6. Method according to any one of the claims 1 to 5, wherein the heat treatment of step (c) comprises:80°C for 90 minutes;120°C for 60 minutes;160°C for 120 minutes; and190°C for 150 minutes.

7. Method according to any one of the claims 1 to 6, wherein step (c) further comprises isolating a light fraction containing lignin derived phenolics & cyclotene by condensation of the gaseous phase.

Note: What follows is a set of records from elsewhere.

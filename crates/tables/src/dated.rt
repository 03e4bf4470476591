ghost use Rattle.std.specs.Prelude.{◌≡◌};
ghost use Rattle.refusals.specs.Judged.{judged, left};
ghost use Rattle.tables.specs.Rows.{row_at, with_row, row_refusal};
ghost use Rattle.tables.specs.Valuation.{distance, rates_at, ValuedAt};

use crate::row::{Rates, Row};
use crate::table::Table;
use crate::years::Years;
use refusals::Refusal;

// A table with the year in which its odds hold and the year for which they are asked.
#[derive(Drop)]
pub struct DatedTable {
    pub(crate) table: Table,
    pub(crate) years: Years,
}

// `row` and `set_row` pass on to the table by hand: a `Deref` is no plainer, since it would lend all calls of an undated table.
impl DatedTable {
    // The years by which the table is dated.
    pub fn years(&self) -> Years
        ensures { result ≡ self.now.years }
    {
        self.years
    }

    // The row of an age, or nothing.
    pub fn row(&self, age: usize) -> Option<Row>
        ensures { result ≡ row_at self.now.table.rows age }
    {
        self.table.row(age)
    }

    // Puts the row of an age, in the place of an earlier one; refused where a number is out of range.
    pub fn set_row(&mut self, age: usize, row: Row) -> Result<(), Refusal>
        ensures answer { result ≡ judged (row_refusal age row) tt }
        ensures after { self.new.table.rows ≡ left (row_refusal age row) self.old.table.rows (with_row self.old.table.rows age row) }
        ensures years { self.new.years ≡ self.old.years }
    {
        self.table.set_row(age, row)
    }

    // The table dated by other years, in the place of the earlier ones.
    pub fn date(self, years: Years) -> DatedTable
        ensures { (result.table ≡ self.table) × (result.years ≡ years) }
    {
        self.undate().date(years)
    }

    // The table without its years.
    pub fn undate(self) -> Table
        ensures { result ≡ self.table }
    {
        let DatedTable { table, years: _ } = self;
        table
    }

    // The odds of an age at valuation and their yearly change; refused for an age without a row.
    #[tactic(auto, using(crate::proofs::Entries::fit_row))]
    pub fn rates(&self, age: usize) -> Result<Rates, Refusal>
        ensures value { result ≡ rates_at self.now.table.rows (distance self.now.years) age }
        ensures meaning { ValuedAt self.now.table.rows (distance self.now.years) age result }
        ensures only_distance_counts { (other : DatedTable) → other.table.rows ≡ self.now.table.rows → distance other.years ≡ distance self.now.years → rates_at other.table.rows (distance other.years) age ≡ result }
    {
        let row = self.row(age).ok_or(Refusal::AgeWithoutRow)?;
        Ok(row.rates_after(self.years.distance()))
    }
}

8. Method according to any one of the claims 1 to 7, wherein the ratio of aqueous extractant to pyrolysis oil in step (a) is from 0.2 to 1 : 1, preferably 0.3 to 0.6 : 1.

9. Method according to any one of the claims 1 to 8, wherein the separated pyrolytic sugars of step (a) are concentrated.

10. Method according to any one of the claims 1 to 9, wherein the solid pyrolytic lignin obtained in step (c) has an average Mwbetween 1000 g / mole to 1400 g / mole, preferably an average Mwbetween 1100 g / mole to 1300 g / mole, most preferably an average Mwof 1200 g / mole.

11. Solid lignin obtainable by a method according to any one of the claims 1 to 10, the solid lignin has an average Mwbetween 800 g / mole to 1600 g / mole, preferably an average Mwbetween 1000 g / mole to 1500 g / mole, more preferably an average Mwbetween 1100 g / mole to 1500 g / mole and a melting point between 65°C to 95°C.

12. Light fraction obtainable by a method according to any one of the claims 7 to 10, wherein the condensed fraction comprises amongst others: 1 to 45 wt.% creosol, 1 to 15 wt.% phenol, 1 to 25 wt.% guaiacol, 1 to 20 wt.% 4-ethylguaiacol and 1 to 25 wt.% cyclotene.

13. Use of solid lignin according to claim 11 in insulation foam, resins, binders, or paints.

14. Use of pyrolitic sugars obtained in step (a) of any one of the claims 1 to 10 in wood modification or foundry resins, or as a raw material to produce chemicals such as polyols.